> [TASK ITEM]:
When the string "answer" occurs in a line of the records, show that line.

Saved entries
- - -

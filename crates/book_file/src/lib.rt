//! Reads all rows of a database file and audits them, without writing to the file.
#![tactic(auto)]

mod book;
mod file;
mod guarded;
mod opening;
mod reading;

pub use book::Book;
pub use file::book_in;
pub use reading::read_book;
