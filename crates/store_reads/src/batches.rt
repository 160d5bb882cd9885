//! Reads a batch, its size and its counters.
ghost use Rattle.std.specs.Prelude.{false, IsTrue, ◌<◌, ◌^◌, ◌≡◌, ◌↔◌};
ghost use Rattle.sqlite.specs.Held.{state};
ghost use Rattle.job_facts.specs.Accounts.{batch_totals};
ghost use Rattle.job_facts.specs.Rows.{batch_has, batch_row_of, batch_size_of};
ghost use Rattle.job_facts.specs.States.{is_batch_finished};
ghost use Rattle.store_reads.specs.Heads.{is_over, totals_in};
ghost use Rattle.store_reads.specs.ReadsContents.{FindsContents};

use job_facts::{BatchRow, BatchSize, BatchTotals};
use row_reads::{BatchHead, batch_by_name, batch_head, grouping_count};
use sqlite::{Alter, Connection, Error};
use store_data::Name;

// ---- parts of rows

fn totals_of(found: Option<BatchHead>) -> BatchTotals
    ensures { result ≡ totals_in found }
{
    match found {
        None => BatchTotals {
            records: 0,
            waiting: 0,
            running: 0,
            failed: 0,
            withdrawn: 0,
            good: 0,
            sessions: 0,
            spoiled: 0,
        },
        Some(head) => head.totals,
    }
}

fn is_over(totals: BatchTotals) -> bool
    ensures { result ≡ is_over totals }
{
    totals.waiting == 0 && totals.running == 0 && totals.failed == 0
}

// ---- batches

/// Returns the batch with the name `name`.
pub fn batch<S: Alter>(conn: &mut Connection<S>, name: &Name) -> Result<Option<BatchRow>, Error>
    requires { conn.old.in_transaction ≡ false }
    ensures { FindsContents (state S.Store conn.old) (state S.Store conn.new) result
        (λ c answer. answer ≡ batch_row_of c.facts name.now) }
{
    row_laws::batches_by_name();
    row_laws::batches_by_rows();
    let found = batch_by_name(conn, name)?;
    Ok(found.map(|stored| BatchRow {
        product: stored.product,
        is_closed: stored.is_closed,
    }))
}

// The numbers of rows and of records in a `BatchSize` are below this limit.
const SIZE_END: u64 = 1 << 32;

// Returns `true` if a `BatchSize` can contain these numbers.
fn fits(rows: u64, records: u64) -> bool
    ensures { IsTrue result ↔ ((rows < 2 ^ 32) × (records < 2 ^ 32)) }
{
    rows < SIZE_END && records < SIZE_END
}

/// Returns the numbers of rows and records of the batch `name`.
pub fn batch_size<S: Alter>(
    conn: &mut Connection<S>,
    name: &Name,
) -> Result<Option<BatchSize>, Error>
    requires { conn.old.in_transaction ≡ false }
    ensures { FindsContents (state S.Store conn.old) (state S.Store conn.new) result
        (λ c answer. answer ≡ batch_size_of c.facts name.now) }
{
    row_laws::batches_by_name();
    row_laws::batches_by_rows();
    let Some(head) = batch_head(conn, name)? else {
        return Ok(None);
    };
    let rows = grouping_count(conn, head.id)?;
    if !fits(rows, head.totals.records) {
        return Err(Error::InvalidQuery);
    }
    Ok(Some(BatchSize {
        rows: rows as u32,
        records: head.totals.records as u32,
    }))
}

/// Returns `true` if the batch `name` was imported from exactly the bytes `raw`.
pub fn batch_has<S: Alter>(conn: &mut Connection<S>, name: &Name, raw: &[u8]) -> Result<bool, Error>
    requires { conn.old.in_transaction ≡ false }
    ensures { FindsContents (state S.Store conn.old) (state S.Store conn.new) result
        (λ c answer. answer ≡ batch_has c.facts name.now raw.now) }
{
    row_laws::batches_by_rows();
    row_reads::batch_has(conn, name, raw)
}

/// Returns `true` if every record of the batch `batch` is good or withdrawn.
pub fn is_finished<S: Alter>(conn: &mut Connection<S>, batch: &Name) -> Result<bool, Error>
    requires { conn.old.in_transaction ≡ false }
    ensures { FindsContents (state S.Store conn.old) (state S.Store conn.new) result
        (λ c answer. answer ≡ is_batch_finished c.facts batch.now) }
{
    row_laws::totals_by_rows();
    let totals = batch_totals(conn, batch)?;
    Ok(is_over(totals))
}

/// Returns the counters of the batch `batch`, which are all 0 if the batch doesn't exist.
pub fn batch_totals<S: Alter>(conn: &mut Connection<S>, batch: &Name) -> Result<BatchTotals, Error>
    requires { conn.old.in_transaction ≡ false }
    ensures { FindsContents (state S.Store conn.old) (state S.Store conn.new) result
        (λ c answer. answer ≡ batch_totals c.facts batch.now) }
{
    row_laws::batches_by_name();
    row_laws::totals_by_rows();
    let found = batch_head(conn, batch)?;
    Ok(totals_of(found))
}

- - -

> [RESPONSE]:
        (λ c answer. answer ≡ batch_row_of c.facts name.now) }
        (λ c answer. answer ≡ batch_size_of c.facts name.now) }
        (λ c answer. answer ≡ batch_has c.facts name.now raw.now) }
        (λ c answer. answer ≡ is_batch_finished c.facts batch.now) }
        (λ c answer. answer ≡ batch_totals c.facts batch.now) }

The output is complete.